[What you have to do]
All lines from the one with "all pages share." to the end of the data: return those exactly, and only those.

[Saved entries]
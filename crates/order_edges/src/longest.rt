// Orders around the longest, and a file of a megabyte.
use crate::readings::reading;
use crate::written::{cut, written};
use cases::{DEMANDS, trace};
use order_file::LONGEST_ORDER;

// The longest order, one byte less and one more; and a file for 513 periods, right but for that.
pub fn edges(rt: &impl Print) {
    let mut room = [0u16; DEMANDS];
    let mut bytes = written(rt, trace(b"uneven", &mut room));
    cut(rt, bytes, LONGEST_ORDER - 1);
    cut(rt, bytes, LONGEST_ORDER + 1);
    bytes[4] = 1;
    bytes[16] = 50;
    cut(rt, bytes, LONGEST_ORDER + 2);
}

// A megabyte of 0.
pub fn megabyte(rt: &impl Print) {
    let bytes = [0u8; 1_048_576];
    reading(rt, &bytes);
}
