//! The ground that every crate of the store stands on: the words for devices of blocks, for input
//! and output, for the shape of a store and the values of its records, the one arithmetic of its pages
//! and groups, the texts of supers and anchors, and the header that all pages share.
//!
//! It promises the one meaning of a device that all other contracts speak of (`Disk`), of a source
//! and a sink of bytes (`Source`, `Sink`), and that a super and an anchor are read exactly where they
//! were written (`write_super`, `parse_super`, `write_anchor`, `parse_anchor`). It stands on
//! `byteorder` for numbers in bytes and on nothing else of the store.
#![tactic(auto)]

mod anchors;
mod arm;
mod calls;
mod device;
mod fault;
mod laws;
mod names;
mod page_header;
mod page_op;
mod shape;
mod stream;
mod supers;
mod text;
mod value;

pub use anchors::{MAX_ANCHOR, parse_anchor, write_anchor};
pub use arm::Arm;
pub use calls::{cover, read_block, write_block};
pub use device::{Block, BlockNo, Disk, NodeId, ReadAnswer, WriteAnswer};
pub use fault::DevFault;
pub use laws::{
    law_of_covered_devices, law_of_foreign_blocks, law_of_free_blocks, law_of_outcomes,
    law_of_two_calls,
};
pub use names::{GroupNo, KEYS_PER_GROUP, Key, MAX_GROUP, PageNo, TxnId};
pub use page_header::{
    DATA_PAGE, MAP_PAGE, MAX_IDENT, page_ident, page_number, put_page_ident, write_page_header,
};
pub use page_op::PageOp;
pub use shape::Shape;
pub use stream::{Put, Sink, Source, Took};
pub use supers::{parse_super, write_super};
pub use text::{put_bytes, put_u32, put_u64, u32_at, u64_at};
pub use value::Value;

[Answer to this problem]
//! and groups, the texts of supers and anchors, and the header that all pages share.
//!
//! It promises the one meaning of a device that all other contracts speak of (`Disk`), of a source
//! and a sink of bytes (`Source`, `Sink`), and that a super and an anchor are read exactly where they
//! were written (`write_super`, `parse_super`, `write_anchor`, `parse_anchor`). It stands on
//! `byteorder` for numbers in bytes and on nothing else of the store.
#![tactic(auto)]

mod anchors;
mod arm;
mod calls;
mod device;
mod fault;
mod laws;
mod names;
mod page_header;
mod page_op;
mod shape;
mod stream;
mod supers;
mod text;
mod value;

pub use anchors::{MAX_ANCHOR, parse_anchor, write_anchor};
pub use arm::Arm;
pub use calls::{cover, read_block, write_block};
pub use device::{Block, BlockNo, Disk, NodeId, ReadAnswer, WriteAnswer};
pub use fault::DevFault;
pub use laws::{
    law_of_covered_devices, law_of_foreign_blocks, law_of_free_blocks, law_of_outcomes,
    law_of_two_calls,
};
pub use names::{GroupNo, KEYS_PER_GROUP, Key, MAX_GROUP, PageNo, TxnId};
pub use page_header::{
    DATA_PAGE, MAP_PAGE, MAX_IDENT, page_ident, page_number, put_page_ident, write_page_header,
};
pub use page_op::PageOp;
pub use shape::Shape;
pub use stream::{Put, Sink, Source, Took};
pub use supers::{parse_super, write_super};
pub use text::{put_bytes, put_u32, put_u64, u32_at, u64_at};
pub use value::Value;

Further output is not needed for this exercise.